*Required work*:
Below are some entries. Repeat exactly the lines from the one with "the property of" through the one with "if first.thread == second.thread", and only those.

*Excerpted data*:

○ ○ ○ ○ ○ ○ ○

//! What a program's states are said to be: `always`, `finally` and `never`.
use lot_program::{Property, Station};
use lot_program_lines::malformed::malformed;
use lot_program_lines::words::{MOST_NUMBER, number, word_at};
use lot_program_lines::{Scope, TextError, Threads};

/// The threads, and the lines of the instructions of each.
#[derive(Clone, Copy, Drop)]
pub(crate) struct Stations<'a> {
    pub scope: Scope<'a>,
    pub threads: &'a Threads,
    pub lines: &'a [Vec<u32>],
}

/// A station, and the place of the word after it.
struct StationWords {
    station: Station,
    after: usize,
}

impl Stations<'_> {
    fn wrong(&self, word: &str, expected: &'static str) -> TextError {
        malformed(self.scope.alloc, self.scope.line, word, expected)
    }

    /// Returns the property that a line spells.
    pub(crate) fn property(&self, words: &[&str]) -> Result<Property, TextError> {
        match word_at(words, 0) {
            "always" => Ok(Property::Always(self.scope.condition(words)?)),
            "finally" => Ok(Property::Finally(self.scope.condition(words)?)),
            _ => self.never(words),
        }
    }

    // Returns the property of a line `never T at LINE U at LINE`.
    fn never(&self, words: &[&str]) -> Result<Property, TextError> {
        let StationWords {
            station: first,
            after: middle,
        } = self.station(words, 1)?;
        let StationWords {
            station: second,
            after,
        } = self.station(words, middle)?;
        if first.thread == second.thread {
            let expected = "another thread, as in `never 0 at 7 1 at 7`";
            return Err(self.wrong(word_at(words, middle), expected));
        }
        if words.len() > after {
            return Err(self.wrong(word_at(words, after), "the end of the line"));
        }
        Ok(Property::Never { first, second })
    }

    // The station of some words `T at LINE`, of which this is the place of the first.
    fn station(&self, words: &[&str], first: usize) -> Result<StationWords, TextError> {
        let Some(named) = self.threads.find(words, first) else {
            let expected = "a thread, as in `never 0 at 7 1 at 7` or `never a at 7 b 2 at 9`";
            return Err(self.wrong(word_at(words, first), expected));
        };
        let (at, label) = (
            word_at(words, named.after),
            word_at(words, named.after.wrapping_add(1)),
        );
        if at != "at" {
            return Err(self.wrong(at, "`at`, as in `never 0 at 7 1 at 7`"));
        }
        let after = named.after.wrapping_add(2);
        match self.station_at(named.thread, label) {
            Some(station) => Ok(StationWords { station, after }),
            None => {
                let expected = "a line of one of the thread's instructions";
                Err(self.wrong(label, expected))
            }
        }
    }

    // The station of a thread at the line that a word spells, if an instruction of its own is of that line.
    fn station_at(&self, thread: usize, label: &str) -> Option<Station> {
        let line = number(label, MOST_NUMBER)? as u32;
        let lines = self.lines.get(thread)?;
        lines.contains(&line).then_some(Station { thread, line })
    }
}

○ ○ ○ ○ ○ ○ ○

*Finished exercise*:
    // Returns the property of a line `never T at LINE U at LINE`.
    fn never(&self, words: &[&str]) -> Result<Property, TextError> {
        let StationWords {
            station: first,
            after: middle,
        } = self.station(words, 1)?;
        let StationWords {
            station: second,
            after,
        } = self.station(words, middle)?;
        if first.thread == second.thread {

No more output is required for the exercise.